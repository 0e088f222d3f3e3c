// `save` and `restore`, each for a role that has its right.
ghost use Rattle.std.specs.Prelude.{◌≡◌};
ghost use Rattle.trcf.specs.View.{lent, lent_by};
ghost use Rattle.snapshot.specs.Save.{saved_told};
ghost use Rattle.snapshot_restore.specs.Told.{restore_told};
ghost use Rattle.access.specs.Entries.{save_by, restore_by};

use crate::rights::{Right, demand};
use refusal::Refusal;
use snapshot_restore::restore::RestoreError;
use trcf::head::{LentLists, Preprocessor};

pub fn save(
    table: &[u8],
    role: u64,
    head: Preprocessor,
    lists: LentLists,
    out: &mut [u8],
) -> Result<usize, Refusal>
    ensures { saved_told result out.new ≡ save_by table.now role head (lent_by lists.entry) out.old }
{
    // Withheld, it tells of no text.
    demand(table, role, Right::SAVE)?;
    snapshot_save::save::save(head, lists, out)
}

// Withheld, it does not look at the text.
pub fn restore(
    table: &[u8],
    role: u64,
    text: &[u8],
    codes: &[u16],
    statistics: &mut [f64],
    last_shingled_input: &mut [f32],
    last_shingled_point: &mut [f32],
    previous_timestamps: &mut [u64],
    initial_values: &mut [f32],
    initial_timestamps: &mut [u64],
) -> Result<Preprocessor, RestoreError>
    ensures { restore_told result (lent statistics.new last_shingled_input.new last_shingled_point.new previous_timestamps.new initial_values.new initial_timestamps.new)
        ≡ restore_by table.now role text.now codes.now (lent statistics.old last_shingled_input.old last_shingled_point.old previous_timestamps.old initial_values.old initial_timestamps.old) }
{
    demand(table, role, Right::RESTORE)?;
    snapshot_restore::restore::restore(
        text,
        codes,
        statistics,
        last_shingled_input,
        last_shingled_point,
        previous_timestamps,
        initial_values,
        initial_timestamps,
    )
}
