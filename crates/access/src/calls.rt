// The calls that may change the trace, for a role that has their rights.
ghost use Rattle.std.specs.Prelude.{◌≡◌, is_some};
ghost use Rattle.trcf.specs.View.{lent, head_outcome, point_outcome, learn_call, processed_outcome};
ghost use Rattle.trcf_learn.specs.Given.{list_in};
ghost use Rattle.access.specs.Entries.{point_by, learn_by, drain_by};

use crate::rights::{Right, demand, demand_point};
use refusal::Refusal;
use trcf::head::{Pointed, PostProcessed, Preprocessor};

// Point may drain, so it needs see and learn.
pub fn shingled_point(
    table: &[u8],
    role: u64,
    head: Preprocessor,
    statistics: &mut [f64],
    last_shingled_input: &mut [f32],
    last_shingled_point: &mut [f32],
    previous_timestamps: &mut [u64],
    initial_values: &[f32],
    initial_timestamps: &[u64],
    input: &[f32],
    timestamp: u64,
    output: &mut [f32],
) -> Result<Pointed, Refusal>
    ensures { point_outcome result head (lent statistics.new last_shingled_input.new last_shingled_point.new previous_timestamps.new initial_values.now initial_timestamps.now) output.new
        ≡ point_by table.now role head (lent statistics.old last_shingled_input.old last_shingled_point.old previous_timestamps.old initial_values.now initial_timestamps.now)
        input.now timestamp output.old }
{
    // Withheld, it tells of no point.
    demand_point(table, role)?;
    trcf_point::point::shingled_point(
        head,
        statistics,
        last_shingled_input,
        last_shingled_point,
        previous_timestamps,
        initial_values,
        initial_timestamps,
        input,
        timestamp,
        output,
    )
}

pub fn post_process(
    table: &[u8],
    role: u64,
    head: Preprocessor,
    statistics: &mut [f64],
    last_shingled_input: &mut [f32],
    last_shingled_point: &mut [f32],
    previous_timestamps: &mut [u64],
    initial_values: &mut [f32],
    initial_timestamps: &mut [u64],
    input: &[f32],
    timestamp: u64,
    y: Option<&[f32]>,
    expected: Option<&[f32]>,
    grade: f32,
    relative_index: i32,
    deviations_out: &mut [f32],
    past_out: &mut [f32],
    expected_out: &mut [f32],
) -> Result<PostProcessed, Refusal>
    ensures { processed_outcome result head (lent statistics.new last_shingled_input.new last_shingled_point.new previous_timestamps.new initial_values.new initial_timestamps.new)
        deviations_out.new past_out.new expected_out.new
        ≡ learn_by table.now role head (lent statistics.old last_shingled_input.old last_shingled_point.old previous_timestamps.old initial_values.old initial_timestamps.old)
        (learn_call input.now timestamp (is_some y.entry) (list_in y.entry) (is_some expected.entry) (list_in expected.entry) grade relative_index deviations_out.old past_out.old expected_out.old) }
{
    // Withheld, it tells of no anomaly.
    demand(table, role, Right::LEARN)?;
    trcf_learn::post_process::post_process(
        head,
        statistics,
        last_shingled_input,
        last_shingled_point,
        previous_timestamps,
        initial_values,
        initial_timestamps,
        input,
        timestamp,
        y,
        expected,
        grade,
        relative_index,
        deviations_out,
        past_out,
        expected_out,
    )
}

pub fn drain(
    table: &[u8],
    role: u64,
    head: Preprocessor,
    statistics: &mut [f64],
    last_shingled_input: &mut [f32],
    last_shingled_point: &mut [f32],
    previous_timestamps: &mut [u64],
    initial_values: &[f32],
    initial_timestamps: &[u64],
) -> Result<Preprocessor, Refusal>
    ensures { head_outcome result head (lent statistics.new last_shingled_input.new last_shingled_point.new previous_timestamps.new initial_values.now initial_timestamps.now)
        ≡ drain_by table.now role head (lent statistics.old last_shingled_input.old last_shingled_point.old previous_timestamps.old initial_values.now initial_timestamps.now) }
{
    demand(table, role, Right::LEARN)?;
    trcf_point::drain::drain(
        head,
        statistics,
        last_shingled_input,
        last_shingled_point,
        previous_timestamps,
        initial_values,
        initial_timestamps,
    )
}
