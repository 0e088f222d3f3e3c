// The calls that change nothing, for a role that may see.
ghost use Rattle.std.specs.Prelude.{◌≡◌};
ghost use Rattle.refusal.specs.Refusal.{row_of};
ghost use Rattle.ranges.specs.RangeVector.{held, AreSameLoans};
ghost use Rattle.trcf.specs.Calls.{transform, scale, shift, status};
ghost use Rattle.trcf.specs.Preprocessor.{reading, transform_of, scale_of, shift_of, deviations};
ghost use Rattle.trcf.specs.View.{lent_by, written, status_given};
ghost use Rattle.trcf.specs.Extrapolation.{extrapolation, forecast};
ghost use Rattle.access.specs.Entries.{write_by, extrapolation_by, status_by};

use crate::rights::{Right, demand};
use ranges::rangevector::RangeVector;
use refusal::Refusal;
use trcf::head::{LentLists, Preprocessor, Status};

pub fn transform(
    table: &[u8],
    role: u64,
    head: Preprocessor,
    lists: LentLists,
    input: &[f32],
    timestamp: u64,
    output: &mut [f32],
) -> Result<(), Refusal>
    ensures { written (row_of result) output.new
        ≡ write_by table.now role head (lent_by lists.entry) (transform input.now timestamp output.old) (transform_of (reading input.now timestamp)) output.old }
{
    demand(table, role, Right::SEE)?;
    trcf_calls::queries::transform(head, lists, input, timestamp, output)
}

pub fn scale(
    table: &[u8],
    role: u64,
    head: Preprocessor,
    lists: LentLists,
    output: &mut [f32],
) -> Result<(), Refusal>
    ensures { written (row_of result) output.new ≡ write_by table.now role head (lent_by lists.entry) (scale output.old) scale_of output.old }
{
    demand(table, role, Right::SEE)?;
    trcf_calls::queries::scale(head, lists, output)
}

pub fn shift(
    table: &[u8],
    role: u64,
    head: Preprocessor,
    lists: LentLists,
    output: &mut [f32],
) -> Result<(), Refusal>
    ensures { written (row_of result) output.new ≡ write_by table.now role head (lent_by lists.entry) (shift output.old) shift_of output.old }
{
    demand(table, role, Right::SEE)?;
    trcf_calls::queries::shift(head, lists, output)
}

pub fn difference_deviations(
    table: &[u8],
    role: u64,
    head: Preprocessor,
    lists: LentLists,
    output: &mut [f32],
) -> Result<(), Refusal>
    ensures { written (row_of result) output.new ≡ write_by table.now role head (lent_by lists.entry) (status output.old) deviations output.old }
{
    demand(table, role, Right::SEE)?;
    trcf_calls::queries::difference_deviations(head, lists, output)
}

pub fn invert_extrapolation(
    table: &[u8],
    role: u64,
    head: Preprocessor,
    statistics: &[f64],
    last_shingled_input: &[f32],
    previous_timestamps: &[u64],
    range: &mut RangeVector<f32>,
    range_out: &mut RangeVector<f32>,
    times_out: &mut RangeVector<f64>,
) -> Result<(), Refusal>
    ensures after { extrapolation (row_of result) (forecast (held range.new) (held range_out.new) (held times_out.new))
        ≡ extrapolation_by table.now role head statistics.now last_shingled_input.now previous_timestamps.now
        (forecast (held range.old) (held range_out.old) (held times_out.old)) }
    ensures loans { AreSameLoans range.old range.new × AreSameLoans range_out.old range_out.new × AreSameLoans times_out.old times_out.new }
{
    demand(table, role, Right::SEE)?;
    trcf_forecast::forecast::invert_extrapolation(
        head,
        statistics,
        last_shingled_input,
        previous_timestamps,
        range,
        range_out,
        times_out,
    )
}

pub fn status(
    table: &[u8],
    role: u64,
    head: Preprocessor,
    lists: LentLists,
    output: &mut [f32],
) -> Result<Status, Refusal>
    ensures { status_given result output.new ≡ status_by table.now role head (lent_by lists.entry) output.old }
{
    // Withheld, no number is told.
    demand(table, role, Right::SEE)?;
    trcf_calls::queries::status(head, lists, output)
}
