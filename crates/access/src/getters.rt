// The numbers of a preprocessor, one by one and together, for a role that may see.
ghost use Rattle.std.specs.Prelude.{◌≡◌};
ghost use Rattle.trcf.specs.Preprocessor.{panel_of};
ghost use Rattle.trcf.specs.View.{alone, ready_of, dimension_of};
ghost use Rattle.access.specs.Entries.{seen_by, status_numbers};

use crate::rights::{Right, demand};
use refusal::Refusal;
use trcf::head::{Preprocessor, Status};
use trcf::types::{ForestMode, TransformMethod};

// What is asked for, where the role may see.
fn seen<T: Copy>(table: &[u8], role: u64, asked: T) -> Result<T, Refusal>
    ensures { result ≡ seen_by table.now role asked }
{
    demand(table, role, Right::SEE)?;
    Ok(asked)
}

pub fn values_seen(table: &[u8], role: u64, head: Preprocessor) -> Result<u64, Refusal>
    ensures { result ≡ seen_by table.now role head.values_seen }
{
    seen(table, role, trcf_calls::queries::values_seen(head) as u64)
}

pub fn internal_timestamp(table: &[u8], role: u64, head: Preprocessor) -> Result<u64, Refusal>
    ensures { result ≡ seen_by table.now role head.internal_timestamp }
{
    seen(
        table,
        role,
        trcf_calls::queries::internal_timestamp(head) as u64,
    )
}

pub fn input_dimensions(table: &[u8], role: u64, head: Preprocessor) -> Result<u64, Refusal>
    ensures { result ≡ seen_by table.now role head.transformer.input_length }
{
    seen(
        table,
        role,
        trcf_calls::queries::input_dimensions(head) as u64,
    )
}

pub fn shingle_size(table: &[u8], role: u64, head: Preprocessor) -> Result<u64, Refusal>
    ensures { result ≡ seen_by table.now role head.shingle_size }
{
    seen(table, role, trcf_calls::queries::shingle_size(head) as u64)
}

pub fn get_dimension(table: &[u8], role: u64, head: Preprocessor) -> Result<u64, Refusal>
    ensures { result ≡ seen_by table.now role (dimension_of head) }
{
    seen(table, role, trcf::head::get_dimension(head) as u64)
}

pub fn start_normalization(table: &[u8], role: u64, head: Preprocessor) -> Result<u64, Refusal>
    ensures { result ≡ seen_by table.now role head.start_normalization }
{
    seen(
        table,
        role,
        trcf_calls::queries::start_normalization(head) as u64,
    )
}

pub fn panel(table: &[u8], role: u64, head: Preprocessor) -> Result<u64, Refusal>
    ensures { result ≡ seen_by table.now role (panel_of (alone head)) }
{
    seen(table, role, trcf_calls::queries::panel(head))
}

pub fn is_ready(table: &[u8], role: u64, head: Preprocessor) -> Result<bool, Refusal>
    ensures { result ≡ seen_by table.now role (ready_of head) }
{
    seen(table, role, trcf_calls::queries::is_ready(head))
}

pub fn transformation_method(
    table: &[u8],
    role: u64,
    head: Preprocessor,
) -> Result<TransformMethod, Refusal>
    ensures { result ≡ seen_by table.now role head.transformer.transform_method }
{
    seen(
        table,
        role,
        trcf_calls::queries::transformation_method(head),
    )
}

pub fn forest_mode(table: &[u8], role: u64, head: Preprocessor) -> Result<ForestMode, Refusal>
    ensures { result ≡ seen_by table.now role head.forest_mode }
{
    seen(table, role, trcf_calls::queries::forest_mode(head))
}

// All of them, by one test of the table.
pub fn numbers(table: &[u8], role: u64, head: Preprocessor) -> Result<Status, Refusal>
    ensures { result ≡ seen_by table.now role (status_numbers head) }
{
    demand(table, role, Right::SEE)?;
    Ok(trcf_calls::queries::status_of_head(head))
}
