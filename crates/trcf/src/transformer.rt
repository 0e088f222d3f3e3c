// The transform of a reading, channel by channel (the source's trcf/transformer.rs). The statistics lie in a lent list, three numbers each.
ghost use Rattle.std.specs.Prelude.{◌≡◌, false, cond, not, ◌&&◌, [], ◌∷◌, ◌+◌, ◌*◌, ◌≤◌, ◌<◌, length, eqb, ltb, get_or, replicate, OnOk};
ghost use Rattle.std.specs.Float.{nan, binary32, binary64};
ghost use Rattle.std.specs.Float.Ieee.{add, mul};
ghost use Rattle.numeric.specs.Narrow.{narrowed};
ghost use Rattle.refusal.specs.Refusal.{row_of, first_of};
ghost use Rattle.refusal.specs.Lent.{over};
ghost use Rattle.common.specs.Deviation.{zero64, one64, count_limit, outside_unit, factor_of};
ghost use Rattle.ranges.specs.RangeVector.{held, AreSameLoans, range_outcome, unblocked};
ghost use Rattle.trcf.specs.Types.{is_none, normalizes, differences, centres};
ghost use Rattle.trcf.specs.Settings.{all_one, input_limit};
ghost use Rattle.trcf.specs.Transformer.{zero32, slow_decay, updated, mean_at, weight_at, normalized_scale, transform_by, transformed, unweighted, invert_by, inverted, reciprocal};
ghost use Rattle.trcf.specs.Transformer.{inverted_forecast, scales, shifts, difference_deviations};
ghost use Rattle.trcf.specs.Lengths.{where_fits, within, passes};
ghost use Rattle.trcf.specs.TransformerCalls.{transformer_view, no_transformer, made_from, transformer_output, new_row, update_row, transform_row, output_row, forecast_row};
ghost use Rattle.trcf.specs.TransformerCalls.{transformer_new, transformer_update, transformer_transform, transformer_invert, transformer_invert_forecast, transformer_scale};
ghost use Rattle.trcf.specs.TransformerCalls.{transformer_shift, transformer_difference_deviations};
ghost use Rattle.trcf.specs.Steps.Sound.{Sound};
ghost use Rattle.trcf.specs.Steps.Blocks.{FactorsIn};

use crate::blocks::{Channels, turn_block};
use crate::passes::feed_channels;
use crate::shingle::copy_in;
use crate::statistics::mean_at;
use crate::types::{
    INPUT_LIMIT, TransformMethod, is_centring, is_differencing, is_none, is_normalizing,
};
use common::deviation::{COUNT_LIMIT, Deviation, next_factor};
use ranges::rangevector::{RangeVector, is_unblocked};
use refusal::Refusal;

// The settings of a transform and how many readings the statistics were fed; the first `input_length` weights count.
// Kept: (a) no heap and fixed memory, so the weights stand in an array, with the number of those in use beside.
#[derive(Clone, Copy)]
pub struct WeightedTransformer {
    pub transform_method: TransformMethod,
    pub input_length: usize,
    pub transform_decay: f64,
    pub weights: [f32; 16],
    pub count: u64,
}

// Each channel's five statistics are fed its reading and its difference from the one before, by the factors of the decay and of a tenth of it.
#[tactic(auto, unfolding(crate::specs::Transformer::updated))]
pub(crate) fn update_channels(
    t: WeightedTransformer,
    s: &mut [f64],
    input: &[f32],
    previous: &[f32],
    f: f64,
    g: f64,
)
    requires sound { Sound t (length s.old) }
    requires count_lt_count_limit { t.count < count_limit }
    requires input_len { length input.now ≡ t.input_length }
    requires previous_len { length previous.now ≡ t.input_length }
    requires f_value { f ≡ factor_of t.transform_decay t.count }
    requires g_value { g ≡ factor_of (slow_decay t.transform_decay) t.count }
    ensures { s.new ≡ updated (transformer_view t s.old) input.now previous.now }
{
    let d = t.input_length;
    let decay = t.transform_decay;
    let count = t.count;
    let mut a = [0.0f64; 32];
    feed_channels(s, &mut a[..2 * d], d, decay, count, input, previous, f, g);
}

fn narrow_mean_at(s: &[f64], n: usize) -> f32
    requires { 3 * n + 3 ≤ length s.now }
    ensures { result ≡ narrowed (mean_at s.now n) }
{
    numeric::to_f32(mean_at(s, n))
}

// The mean of the third statistic, plus 1.
fn normalized_scale(s: &[f64], d: usize, i: usize) -> f32
    requires { 3 * (i + 2 * d) + 3 ≤ length s.now }
    ensures { result ≡ narrowed (add binary64 (mean_at s.now (i + 2 * d)) one64) }
{
    numeric::to_f32(mean_at(s, i + 2 * d) + 1.0)
}

// One channel's reading x, after p. The weight is handed over beside the transformer, so that no list of weights is copied for a channel.
#[tactic(auto, unfolding(crate::specs::Transformer::basic_shift, crate::specs::Transformer::normalized_scale))]
fn transform_at(t: WeightedTransformer, w: f32, s: &[f64], i: usize, x: f32, p: f32) -> f32
    requires sound { Sound t (length s.now) }
    requires i_bound { i < t.input_length }
    requires w_value { w ≡ weight_at (transformer_view t s.now) i }
    ensures { result ≡ transform_by t.transform_method (transformer_view t s.now) i x p }
{
    let d = t.input_length;
    let m = t.transform_method;
    match m {
        TransformMethod::NONE => x,
        TransformMethod::WEIGHTED => x * w,
        TransformMethod::DIFFERENCE => x - p,
        TransformMethod::SUBTRACT_MA => x - narrow_mean_at(s, i),
        TransformMethod::NORMALIZE => { (x - narrow_mean_at(s, i)) / normalized_scale(s, d, i) }
        TransformMethod::NORMALIZE_DIFFERENCE => (x - p) / normalized_scale(s, d, i),
    }
}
────────────────────
• **Aim of the exercise**: The required output is every line above that contains the string "weights".

• **Response for this exercise**:
// The settings of a transform and how many readings the statistics were fed; the first `input_length` weights count.
// Kept: (a) no heap and fixed memory, so the weights stand in an array, with the number of those in use beside.
    pub weights: [f32; 16],
// One channel's reading x, after p. The weight is handed over beside the transformer, so that no list of weights is copied for a channel.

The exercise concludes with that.